Menangkal peredaran ujaran kebencian dan disinformasi, sangatlah mendesak. Hal ini menjadi bahan diskusi yang berkelanjutan dan terus berkembang di Eropa dan di seluruh dunia.
Delegasi Uni Eropa (UE) untuk Indonesia dan Kementerian Luar Negeri Republik Indonesia menyelenggarakan seminar bersama, bertema “Addressing Hate Speech and Disinformation with a Rights-Based Approach” di Jakarta, 17-18 Oktober 2018.
Meluasnya ujaran kebencian dan disinformasi, utamanya di platform online melalui media sosial dan layanan pesan, telah menjadi tantangan besar termasuk di Indonesia dan di Eropa. Dorongan bagi perilaku marah dan kekerasan, kasar dan mempermalukan, serta tersebar luasnya diseminasi hoax atau bentuk-bentuk disinformasi lainnya, meningkat secara signifikan di beberapa tahun terakhir.
Tujuan dari seminar ini adalah untuk memfasilitasi diskusi mendalam di mana hukum, peraturan dan praktik profesional menjadi instrumen yang dipandang sangat tepat dalam upaya menangkal ujaran kebencian dan disinformasi.
Namun di saat bersamaan dapat tetap menjaga penghormatan terhadap hak asasi manusia, kebebasan berpendapat dan kebebasan pers. Seminar ini mempertemukan pejabat pemerintah, para pakar, kelompok masyarakat sipil, wartawan dan sektor swasta dari Indonesia dan UE, untuk dapat bertukar pengetahuan dan keahlian.

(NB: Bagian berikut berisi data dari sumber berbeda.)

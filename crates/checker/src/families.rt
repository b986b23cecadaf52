// The lowest unmet clause of one item, family by family: where none is unmet, the number of the clause behind the item's last.
ghost use Rattle.std.specs.Prelude.{◌≡◌, ◌+◌};
ghost use Rattle.rules.specs.Counting.{first};
ghost use Rattle.rows.specs.Lent.{lent};
ghost use Rattle.checker.specs.Order.{is_unmet, clauses_of, Come, pairs_family, start_values, goal_pairs, some_value, two_values, preconditions_hold, effects_hold, two_actions};
ghost use Rattle.task.specs.Asked.{task_in, file_asked};

use crate::action_pairs::{ActionPairs, nth_pair, pair_count, told_at};
use crate::bits::{
    UNNAMED_IN_NEGATIVE, UNNAMED_IN_POSITIVE, acts, first_action, first_value, pair_holds,
    value_holds,
};
use crate::first_two::first_pair;
use rows::first_set;
use task::asked::{goal_pair, size, start_value};
use task::index::actions;
use task::indexed::Asked;

// A variable is named to have its start value at the first step.
pub fn start_clause(asked: &Asked, given: &[u64], truth: &[u64], x: usize, at: usize) -> usize
    requires { Come (file_asked asked.now) asked.now.task.index.now (lent given.now truth.now) asked.now.horizon start_values 0 x at }
    ensures { result ≡ first (at + clauses_of (task_in asked.now.task) start_values x) (is_unmet (file_asked asked.now) asked.now.horizon (lent given.now truth.now)) }
{
    let value = start_value(asked.task.file, x);
    if value_holds(&asked.task, given, truth, UNNAMED_IN_POSITIVE, 0, x, value) {
        return at + 1;
    }
    at
}

// A goal pair is named to hold at the last step.
pub fn goal_clause(asked: &Asked, given: &[u64], truth: &[u64], i: usize, at: usize) -> usize
    requires { Come (file_asked asked.now) asked.now.task.index.now (lent given.now truth.now) asked.now.horizon goal_pairs 0 i at }
    ensures { result ≡ first (at + clauses_of (task_in asked.now.task) goal_pairs i) (is_unmet (file_asked asked.now) asked.now.horizon (lent given.now truth.now)) }
{
    let pair = goal_pair(asked.task.file, i);
    if pair_holds(
        &asked.task,
        given,
        truth,
        UNNAMED_IN_POSITIVE,
        asked.horizon,
        pair,
    ) {
        return at + 1;
    }
    at
}

// A variable is named to have some value at a step.
pub fn some_value_clause(
    asked: &Asked,
    given: &[u64],
    truth: &[u64],
    step: usize,
    x: usize,
    at: usize,
) -> usize
    requires { Come (file_asked asked.now) asked.now.task.index.now (lent given.now truth.now) asked.now.horizon some_value step x at }
    ensures { result ≡ first (at + clauses_of (task_in asked.now.task) some_value x) (is_unmet (file_asked asked.now) asked.now.horizon (lent given.now truth.now)) }
{
    let values = size(asked.task.file, x);
    let from = first_value(&asked.task, step, x);
    if first_set(given, truth, UNNAMED_IN_POSITIVE, from, values) < values {
        return at + 1;
    }
    at
}

// Of every two values one is named false there.
pub fn two_values_clauses(
    asked: &Asked,
    given: &[u64],
    truth: &[u64],
    step: usize,
    x: usize,
    at: usize,
) -> usize
    requires { Come (file_asked asked.now) asked.now.task.index.now (lent given.now truth.now) asked.now.horizon two_values step x at }
    ensures { result ≡ first (at + clauses_of (task_in asked.now.task) two_values x) (is_unmet (file_asked asked.now) asked.now.horizon (lent given.now truth.now)) }
{
    let from = first_value(&asked.task, step, x);
    at + first_pair(given, truth, from, size(asked.task.file, x))
}

// The pairs of a list of an action that is not named false at a step are named to hold.
fn pair_clauses(
    asked: &Asked,
    given: &[u64],
    truth: &[u64],
    list: ActionPairs,
    step: usize,
    a: usize,
    at: usize,
) -> usize
    requires { Come (file_asked asked.now) asked.now.task.index.now (lent given.now truth.now) asked.now.horizon (pairs_family list) step a at }
    ensures { result ≡ first (at + clauses_of (task_in asked.now.task) (pairs_family list) a) (is_unmet (file_asked asked.now) asked.now.horizon (lent given.now truth.now)) }
{
    let count = pair_count(&asked.task, list, a);
    if !acts(&asked.task, given, truth, UNNAMED_IN_NEGATIVE, step, a) {
        return at + count;
    }
    let told = told_at(list, step);
    for i in 0..count {
        let pair = nth_pair(&asked.task, list, a, i);
        if !pair_holds(&asked.task, given, truth, UNNAMED_IN_POSITIVE, told, pair) {
            return at + i;
        }
    }
    at + count
}

// The preconditions of an action that is not named false at a step are named to hold there.
pub fn precondition_clauses(
    asked: &Asked,
    given: &[u64],
    truth: &[u64],
    step: usize,
    a: usize,
    at: usize,
) -> usize
    requires { Come (file_asked asked.now) asked.now.task.index.now (lent given.now truth.now) asked.now.horizon preconditions_hold step a at }
    ensures { result ≡ first (at + clauses_of (task_in asked.now.task) preconditions_hold a) (is_unmet (file_asked asked.now) asked.now.horizon (lent given.now truth.now)) }
{
    let list = ActionPairs::Preconditions;
    pair_clauses(asked, given, truth, list, step, a, at)
}

// Its effects are named to hold at the next.
pub fn effect_clauses(
    asked: &Asked,
    given: &[u64],
    truth: &[u64],
    step: usize,
    a: usize,
    at: usize,
) -> usize
    requires { Come (file_asked asked.now) asked.now.task.index.now (lent given.now truth.now) asked.now.horizon effects_hold step a at }
    ensures { result ≡ first (at + clauses_of (task_in asked.now.task) effects_hold a) (is_unmet (file_asked asked.now) asked.now.horizon (lent given.now truth.now)) }
{
    let list = ActionPairs::Effects;
    pair_clauses(asked, given, truth, list, step, a, at)
}

// Of every two actions at a step one is named false.
pub fn two_actions_clauses(
    asked: &Asked,
    given: &[u64],
    truth: &[u64],
    step: usize,
    at: usize,
) -> usize
    requires { Come (file_asked asked.now) asked.now.task.index.now (lent given.now truth.now) asked.now.horizon two_actions step 0 at }
    ensures { result ≡ first (at + clauses_of (task_in asked.now.task) two_actions 0) (is_unmet (file_asked asked.now) asked.now.horizon (lent given.now truth.now)) }
{
    let count = actions(&asked.task);
    if count == 0 {
        return at;
    }
    at + first_pair(given, truth, first_action(&asked.task, step), count)
}
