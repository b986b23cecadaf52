// The checker of models: the lowest unmet clause, found on words, the schedule that a model states, and the end of a reading.
#![tactic(auto)]

mod action_pairs;
mod bits;
pub mod end;
mod families;
mod first_two;
mod schedule;
mod search;
mod sizes;
mod stays;
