// The settings as numbers: the set of the units that have a write-through board, unit 0 with weight 1, unit 3 with weight 8; and steal beside it.
#![tactic(auto)]

ghost use Rattle.std.specs.Prelude.{◌≡◌};
ghost use Rattle.boards.specs.Boards.{board_of, settings_of, set_of};

use coherence::{Board, Kind, Settings};
use slots::is_through;

#[tactic(auto, unfolding(crate::specs::Boards::board_of))]
fn board(through: bool) -> Board
    ensures { result ≡ board_of through }
{
    let kind = if through {
        Kind::WriteThrough
    } else {
        Kind::Copyback
    };
    Board { kind }
}

// The settings with the boards that a set spells. What stands above weight 8 is not looked at.
pub fn settings_of(set: u8, steal: bool) -> Settings
    ensures { result ≡ settings_of set steal }
{
    Settings {
        boards: [1, 2, 4, 8].map(|weight| board(set & weight != 0)),
        steal,
    }
}

// The set that spells the boards.
#[tactic(auto, unfolding(numeric::specs::Bits::from_bits, numeric::specs::Bits::sum_below))]
pub fn set_of(settings: Settings) -> u8
    ensures { result ≡ set_of settings }
{
    let mut set = 0;
    for unit in 0..4 {
        set += u8::from(is_through(settings, unit)) << unit;
    }
    set
}
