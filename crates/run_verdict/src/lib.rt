// The parts of one turn that are no command: whose turn it is, whether a high execution waits, what a receive takes,
// the clock, what a run that ends comes to.
#![tactic(auto)]

ghost use Rattle.std.specs.Prelude.{◌≡◌, cond, ◌+◌, ◌<◌, ltb};
ghost use Rattle.model_run.specs.{Verdict.waits as Verdict·waits, State.ticked as Clock·ticked};
ghost use Rattle.model.specs.{Stored.level_of};
ghost use Rattle.model.specs.declared.{Call.TheVariants.Neither};
ghost use Rattle.run_verdict.specs.Verdict.{CountsFit, counts_as, kind_of};

use model::{Call, Clock, Counts, Ended, Ending, Level, Owner};

// A receive as a byte; any other byte is a send.
const RECEIVED: u8 = 0;

// The level whose turn a letter is.
pub fn level_of(letter: u8) -> Level
    ensures { result ≡ level_of letter }
{
    match letter {
        b'L' => Level::Low,
        b'B' => Level::High(Owner::B),
        _ => Level::High(Owner::A),
    }
}

// A place that can be read: i itself below n, else 0.
pub fn readable(i: usize, n: usize) -> usize
    ensures { result ≡ cond (ltb i n) i 0 }
{
    if i < n { i } else { 0 }
}

// The message lines taken after a receive.
pub fn taken_after(taken: usize, lines: usize) -> usize
    ensures { result ≡ cond (ltb taken lines) (taken + 1) taken }
{
    if taken < lines { taken + 1 } else { taken }
}

// The kind of the low call number j, counted from 0, of n that are made; kind is what is stored for it. Neither where
// it is not made yet.
pub fn made_call(j: usize, n: usize, kind: Call) -> Call
    ensures { result ≡ cond (ltb j n) kind Neither }
{
    if j < n { kind } else { Call::Neither }
}

// The kind of call that a byte stands for.
fn kind_of(kind: u8) -> Call
    ensures { result ≡ kind_of kind }
{
    match kind {
        RECEIVED => Call::Receives,
        _ => Call::Sends,
    }
}

// As `made_call`, where what is stored for the call is a byte.
pub fn made(j: usize, n: usize, kind: u8) -> Call
    ensures { result ≡ cond (ltb j n) (kind_of kind) Neither }
{
    made_call(j, n, kind_of(kind))
}

// Whether an execution that follows waits at its call: the low call of the same number has not been made, or was of
// the other kind. By kinds and no comparison of the two: with one, an owner's call takes the compiled run 16
// instructions more.
#[tactic(auto, unfolding(model_run::specs::Verdict::waits))]
pub fn waits(call: Call, low: Call) -> bool
    ensures { result ≡ Verdict·waits call low }
{
    match call {
        Call::Neither => false,
        Call::Receives => low != Call::Receives,
        Call::Sends => low != Call::Sends,
    }
}

// The clock after a turn of a level, of which the low one's are the low steps.
pub fn ticked(clock: Clock, level: Level) -> Clock
    requires { (clock.positions < 4294967296) × (clock.steps < 4294967296) }
    ensures { result ≡ Clock·ticked level clock }
{
    Clock {
        positions: clock.positions + 1,
        steps: clock.steps + usize::from(level == Level::Low),
    }
}

// What a run that ends so comes to, with the clamped results of the low execution.
pub fn ended(ending: Ending, clock: Clock, bytes: usize, taken: usize, clamped: usize) -> Ended
    requires { CountsFit clock bytes taken clamped }
    ensures { result ≡ record { ending = ending; counts = counts_as clock bytes taken clamped } }
{
    Ended {
        ending,
        counts: Counts {
            positions: clock.positions as u32,
            steps: clock.steps as u32,
            bytes: bytes as u32,
            taken: taken as u32,
            clamped: clamped as u32,
        },
    }
}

Seminar ini juga berfungsi sebagai platform kolaborasi untuk mendiskusikan solusi paling tepat dalam memitigasi konsekuensi negatif dari ujaran kebencian dan disinformasi.

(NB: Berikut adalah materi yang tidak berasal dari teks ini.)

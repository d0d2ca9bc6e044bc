// Alternatives: the best path of each word list, written one after another.
#![tactic(auto)]

ghost use Rattle.std.specs.Prelude.{◌≡◌, ◌+◌, ◌*◌, ◌≤◌, ◌<◌, length, take};
ghost use Rattle.traceback.specs.Trail.{no_trail};
ghost use Rattle.traceback.specs.Chain.{Walkable, trail_from, SizeIs};
ghost use Rattle.summaries.specs.Summed.{Summed};
ghost use Rattle.stores.specs.Lent.{Used};
ghost use Rattle.readings.specs.Paths.{cost_in, trail_at, tolds_of, sizes, too_short, PathsAsk, FillAsks, TotalIs, PutAsks, PathPut, EntryAsks, EntryPut, WriteAsks, outputs};
ghost use Rattle.readings.specs.Right.{StatesListed, Filled, AlternativesAsk, AlternativesRight, scratch, ScratchLeft};

use refusals::Reason;
use traceback::Size;

// The cost of a state's token with its final weight, or with nothing where finals do not count.
fn end_cost(sums: &[f32], finals: &[f32], side: u32, s: u32, counts: bool) -> f32
    requires { (side ≤ 1) × (s * 4 + 4 ≤ length sums.now) × (s < length finals.now) }
    ensures { result ≡ cost_in sums.now finals.now side counts s }
{
    tokens::cost_at(sums, side, s) + traceback::end_weight(finals, s, counts)
}

// The size of the path of a state's token.
fn measure_at(
    tokens: &[u32],
    records: &[u32],
    labels: &[i32],
    side: u32,
    used: u32,
    n: u32,
    s: u32,
) -> Size
    requires { PathsAsk tokens.now records.now labels.now side used s }
    ensures { SizeIs (trail_at tokens.now records.now labels.now side n s) used result }
{
    let link = tokens::link_at(tokens, side, s);
    traceback::measure(records, labels, &records[..0], used, n, link)
}

// The size of the paths of the first k states together.
fn measure_all(
    tokens: &[u32],
    records: &[u32],
    labels: &[i32],
    side: u32,
    used: u32,
    n: u32,
    order: &[u32],
    k: usize,
) -> Size
    requires { FillAsks tokens.now records.now labels.now side used order.now k }
    ensures { TotalIs tokens.now records.now labels.now side used n order.now k result }
{
    let mut words = 0;
    let mut segments = 0;
    for i in 0..k {
        let z = measure_at(tokens, records, labels, side, used, n, order[i]);
        words += z.words;
        segments += z.segments;
    }
    Size { words, segments }
}

// Writes a path behind those of the size `at`: the size of all then.
fn write_path(
    records: &[u32],
    labels: &[i32],
    route: &[u32],
    used: u32,
    n: u32,
    link: u32,
    at: Size,
    words: &mut [i32],
    frames: &mut [u32],
    segments: &mut [u32],
) -> Size
    requires { (Walkable records.now labels.now used) × (link ≤ used) × (PutAsks (trail_from records.now labels.now route.now n link no_trail) at words.old frames.old segments.old) }
    ensures { PathPut (trail_from records.now labels.now route.now n link no_trail) at result words.old words.new frames.old frames.new segments.old segments.new }
{
    let z = traceback::measure(records, labels, route, used, n, link);
    let w = at.words as usize;
    let s = at.segments as usize * 3;
    traceback::write(
        records,
        labels,
        route,
        used,
        n,
        link,
        z,
        &mut words[w..],
        &mut frames[w..],
        &mut segments[s..],
    );
    Size {
        words: at.words + z.words,
        segments: at.segments + z.segments,
    }
}

// The i-th path: that of a state's token, where its words and segments end, and its cost.
fn write_entry(
    tokens: &[u32],
    sums: &[f32],
    finals: &[f32],
    records: &[u32],
    labels: &[i32],
    side: u32,
    used: u32,
    n: u32,
    counts: bool,
    s: u32,
    i: usize,
    at: Size,
    words: &mut [i32],
    frames: &mut [u32],
    segments: &mut [u32],
    ends: &mut [u32],
    costs: &mut [f32],
) -> Size
    requires { EntryAsks tokens.now sums.now finals.now records.now labels.now side used n s i at (outputs words.old frames.old segments.old ends.old costs.old) }
    ensures { EntryPut (trail_at tokens.now records.now labels.now side n s) (cost_in sums.now finals.now side counts s) i at result (outputs words.old frames.old segments.old ends.old costs.old) (outputs words.new frames.new segments.new ends.new costs.new) }
{
    let link = tokens::link_at(tokens, side, s);
    let to = write_path(
        records,
        labels,
        &records[..0],
        used,
        n,
        link,
        at,
        words,
        frames,
        segments,
    );
    ends[2 * i] = to.words;
    ends[2 * i + 1] = to.segments;
    costs[i] = end_cost(sums, finals, side, s, counts);
    to
}

// The paths of the first k states, one after another.
fn write_all(
    tokens: &[u32],
    sums: &[f32],
    finals: &[f32],
    records: &[u32],
    labels: &[i32],
    side: u32,
    used: u32,
    n: u32,
    counts: bool,
    order: &[u32],
    k: usize,
    words: &mut [i32],
    frames: &mut [u32],
    segments: &mut [u32],
    ends: &mut [u32],
    costs: &mut [f32],
)
    requires { WriteAsks tokens.now sums.now finals.now records.now labels.now side used n counts order.now k (outputs words.old frames.old segments.old ends.old costs.old) }
    ensures { Filled (tolds_of tokens.now records.now labels.now side n (cost_in sums.now finals.now side counts) (take k order.now)) (outputs words.old frames.old segments.old ends.old costs.old) (outputs words.new frames.new segments.new ends.new costs.new) }
{
    let mut at = Size {
        words: 0,
        segments: 0,
    };
    for i in 0..k {
        at = write_entry(
            tokens, sums, finals, records, labels, side, used, n, counts, order[i], i, at, words,
            frames, segments, ends, costs,
        );
    }
}

// Whether slices with so many places are too short for k paths of this size.
fn too_short(
    total: Size,
    k: usize,
    words: usize,
    frames: usize,
    segments: usize,
    entries: usize,
) -> bool
    ensures { result ≡ too_short total k (sizes words frames segments entries) }
{
    if words < total.words as usize {
        return true;
    }
    if frames < total.words as usize {
        return true;
    }
    if segments < total.segments as usize {
        return true;
    }
    entries < k
}

// The states of the best tokens of the first `max` word lists, best first: how many there are.
fn list_states(
    tokens: &[u32],
    sums: &[f32],
    finals: &[f32],
    records: &[u32],
    labels: &[i32],
    states: u32,
    side: u32,
    used: u32,
    history_keys: &[u64],
    history_skips: &[u32],
    counts: bool,
    max: usize,
    keys: &mut [u64],
    places: &mut [u32],
    order: &mut [u32],
) -> usize
    requires { (AlternativesAsk tokens.now sums.now finals.now records.now labels.now states side used keys.old places.old order.old) × (Summed records.now labels.now used history_keys.now history_skips.now) }
    ensures { StatesListed tokens.now sums.now finals.now records.now labels.now states side used counts max order.new result }
{
    let all = ranking::ranked(tokens, sums, finals, states, side, counts, keys, order);
    let m = groups::firsts(
        tokens,
        records,
        labels,
        side,
        used,
        history_keys,
        history_skips,
        false,
        order,
        all,
        keys,
        places,
    );
    max.min(m)
}

// The Rust's `alternatives`: words, their frames, three numbers for each segment, two ends and a cost for each path. What is too short for the whole answer is refused (11)
// before anything is written, more than 64 paths by 6. Gives how many paths were written.
pub fn alternatives(
    tokens: &[u32],
    sums: &[f32],
    finals: &[f32],
    records: &[u32],
    labels: &[i32],
    states: u32,
    side: u32,
    used: u32,
    n: u32,
    use_final: bool,
    max: usize,
    keys: &mut [u64],
    places: &mut [u32],
    order: &mut [u32],
    history_keys: &mut [u64],
    history_skips: &mut [u32],
    words: &mut [i32],
    frames: &mut [u32],
    segments: &mut [u32],
    ends: &mut [u32],
    costs: &mut [f32],
) -> Result<usize, Reason>
    requires { (AlternativesAsk tokens.now sums.now finals.now records.now labels.now states side used keys.old places.old order.old) × (used * 2 ≤ length history_keys.old) × (used * 2 ≤ length history_skips.old) }
    ensures { (AlternativesRight tokens.now sums.now finals.now records.now labels.now states side used n use_final max (outputs words.old frames.old segments.old ends.old costs.old) (outputs words.new frames.new segments.new ends.new costs.new) result) × (Used ScratchLeft (64 < max) (scratch keys.old places.old order.old history_keys.old history_skips.old) (scratch keys.new places.new order.new history_keys.new history_skips.new)) }
{
    if refusals::MAX_LISTED < max {
        return Err(Reason::BadSetting);
    }
    let counts = traceback::finals_count(tokens, finals, states, side, use_final);
    summaries::fill(records, labels, used, history_keys, history_skips);
    let k = list_states(
        tokens,
        sums,
        finals,
        records,
        labels,
        states,
        side,
        used,
        history_keys,
        history_skips,
        counts,
        max,
        keys,
        places,
        order,
    );
    let total = measure_all(tokens, records, labels, side, used, n, order, k);
    if too_short(
        total,
        k,
        words.len(),
        frames.len(),
        segments.len() / 3,
        (ends.len() / 2).min(costs.len()),
    ) {
        return Err(Reason::TooShort);
    }
    write_all(
        tokens, sums, finals, records, labels, side, used, n, counts, order, k, words, frames,
        segments, ends, costs,
    );
    Ok(k)
}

Duta Besar UE, Vincent Guérend dan Direktur Jenderal Kerjasama Multilateral Kementerian Luar Negeri, Febrian Alphyanto Ruddyard membuka seminar ini.
Penyelenggaraan seminar ini disepakati dalam sesi ke-7 dari Dialog Hak Asasi Manusia antara Indonesia dan Uni Eropa (7th session of the Indonesia European Union Human Rights Dialogue) pada 1 Februari 2018 lalu.

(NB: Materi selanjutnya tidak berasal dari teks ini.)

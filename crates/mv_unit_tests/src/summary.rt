//! Summaries of small outcomes, worked out by hand.

use crate::cases::ensure_at;
use mv_accept::accept::accept;
use mv_cases::ensure::ensure;
use mv_journal::outcome::Outcome;
use mv_tpccgen::load::Load;
use mv_tpccsum::summary::summary;
use mv_values::calls::{End, Reply};
use mv_values::list::List;
use mv_values::memory::NoMemory;
use std::alloc::Global;
use std::test::Fail;

/// Tables of which the summary asks whether they agree, and rows that do.
const TABLES: [(&str, &str); 5] = [
    (
        "CREATE TABLE warehouse (w_id INT, w_ytd INT, PRIMARY KEY (w_id)) VALUES ",
        "(1, 30)",
    ),
    (
        "CREATE TABLE district (d_w_id INT, d_id INT, d_ytd INT, d_next_o_id INT, PRIMARY KEY (d_w_id, d_id)) VALUES ",
        "(1, 1, 10, 5), (1, 2, 20, 2)",
    ),
    (
        "CREATE TABLE orders (o_w_id INT, o_d_id INT, o_id INT, o_ol_cnt INT, PRIMARY KEY (o_w_id, o_d_id, o_id)) VALUES ",
        "(1, 1, 1, 0), (1, 1, 2, 2), (1, 1, 3, 0), (1, 1, 4, 1), (1, 2, 1, 1)",
    ),
    (
        "CREATE TABLE new_order (no_w_id INT, no_d_id INT, no_o_id INT, PRIMARY KEY (no_w_id, no_d_id, no_o_id)) VALUES ",
        "(1, 1, 3), (1, 1, 4)",
    ),
    (
        "CREATE TABLE order_line (ol_w_id INT, ol_d_id INT, ol_o_id INT, ol_number INT, PRIMARY KEY (ol_w_id, ol_d_id, ol_o_id, ol_number)) VALUES ",
        "(1, 1, 2, 1), (1, 1, 2, 2), (1, 1, 4, 1), (1, 2, 1, 1)",
    ),
];

/// Other rows for one of the tables, and whether they agree with the rows of the others.
const CASES: [(usize, &str, &str); 9] = [
    (0, "(1, 30)", "yes"),
    (0, "(1, 31)", "no"),
    (0, "(1, 30), (2, 1)", "no"),
    (1, "(1, 1, 10, 6), (1, 2, 20, 2)", "no"),
    (2, "(1, 1, 4, 3)", "no"),
    (3, "(1, 1, 3)", "no"),
    (3, "(1, 1, 2), (1, 1, 4)", "no"),
    (4, "(1, 1, 2, 1), (1, 1, 2, 2), (1, 1, 3, 1)", "no"),
    (
        4,
        "(1, 1, 4, 1), (1, 1, 4, 2), (1, 1, 4, 3), (1, 2, 1, 7)",
        "yes",
    ),
];

const CALLS: &str =
    "CREATE TABLE stock (s_id INT, s_ytd INT, s_order_cnt TEXT(5), PRIMARY KEY (s_id))
VALUES (1, 9223372036854775807, '7'), (2, 9223372036854775807, '7'), (3, 2, '7');
CREATE PROCEDURE payment () BEGIN PRINT 1; END;
CREATE PROCEDURE new_order () BEGIN ROLLBACK 'no'; END;
CALL payment(); CALL new_order(); CALL new_order();
";

const TEXT: &str = "tpcc warehouses 2 calls 3 seed 7
new_order 2 rolled back 1
payment 1
order_status 0
delivery 0
stock_level 0
orders 0
order_lines 0
sum w_ytd 0
sum h_amount 0
sum s_ytd 18446744073709551616
sum s_order_cnt 0
sum s_remote_cnt 0
consistent yes
end
";

/// Returns the script of the tables in which one has these rows.
fn script(alloc: Global, changed: usize, rows: &str) -> Result<String, Fail> {
    let mut script = String::new(alloc);
    for (at, (table, agreeing)) in TABLES.iter().enumerate() {
        script.push_str(table)?;
        script.push_str(if at == changed { rows } else { agreeing })?;
        script.push_str(";\n")?;
    }
    Ok(script)
}

/// Returns whether each call was rolled back, as replies.
fn replies(alloc: Global, ends: &[bool]) -> Result<List<Reply>, NoMemory> {
    let mut replies = List::new(alloc);
    for end in ends {
        replies.push(Reply {
            lines: List::new(alloc),
            end: if *end { Some(End::Duplicate) } else { None },
        })?;
    }
    Ok(replies)
}

/// Returns the summary of a script's rows.
fn summary_of(alloc: Global, script: &str, ends: &[bool]) -> Result<List<u8>, Fail> {
    let load = Load {
        warehouses: 2,
        calls: 3,
        seed: 7,
    };
    let program = accept(alloc, script.as_bytes()).or(Err("refused"))?;
    let outcome = Outcome {
        replies: replies(alloc, ends)?,
        history: List::new(alloc),
        journal: List::new(alloc),
        tables: program.opening,
    };
    Ok(summary(alloc, &load, &program.resolved, &outcome)?)
}

#[test]
fn tables_agree_as_wanted(rt: HostRuntime) -> Result<(), Fail> {
    let alloc = rt.alloc();
    for (case, (changed, rows, answer)) in CASES.iter().enumerate() {
        let script = script(alloc, *changed, rows)?;
        let text = summary_of(alloc, script.as_str(), &[])?;
        let wanted = format!(in alloc; "consistent {answer}\nend\n")?;
        let holds = text.as_slice().ends_with(wanted.as_bytes());
        ensure_at(alloc, holds, case)?;
    }
    Ok(())
}

#[test]
fn a_summary_is_as_wanted(rt: HostRuntime) -> Result<(), Fail> {
    let text = summary_of(rt.alloc(), CALLS, &[false, true, false])?;
    ensure(
        rt.alloc(),
        text.as_slice() == TEXT.as_bytes(),
        "another summary",
    )
}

Dialog ini diselenggarakan setiap tahun dalam kerangka kerja Perjanjian Kemitraan dan Kerjasama antara Indonesia dan UE, di mana penghormatan terhadap prinsip-prinsip demokrasi dan dasar-dasar hak asasi manusia diabadikan.
“…Facebook, Google, Microsoft, Twitter dan UE menandatangani kode etik dalam merespon ujaran kebencian, dan menyusun panduan komunitas yang melarang promosi bagi tindak kekerasan dan kebencian.”
UE memiliki seperangkat peraturan dan prinsip yang komprehensif dan aplikatif, yang mengatur kegiatan komunikasi dan konten informasi – baik online maupun offline.
Di samping itu, UE telah bekerjasama dengan perusahaan-perusahaan media sosial untuk menangkal ujaran kebencian. Pada Mei 2016, Facebook, Google, Microsoft, Twitter dan UE menandatangani Kode Etik dalam Merespon Ujaran Kebencian Ilegal Online (Code of Conduct on Countering Illegal Hate Speech Online), serta menyusun panduan komunitas yang melarang promosi atau dorongan bagi tindak kekerasan dan kebencian.
Pada Januari 2018, Komisi Eropa membentuk sebuah kelompok yang terdiri dari pakar tingkat tinggi (high-level group of experts), untuk dapat memberi masukan terhadap berbagai inisiatif kebijakan dalam menangkal berita bohong dan disinformasi yang disebarluaskan secara online. Kelompok ini merekomendasikan pendekatan multi-dimensi berdasarkan sejumlah respon yang saling terkait dan saling memperkuat.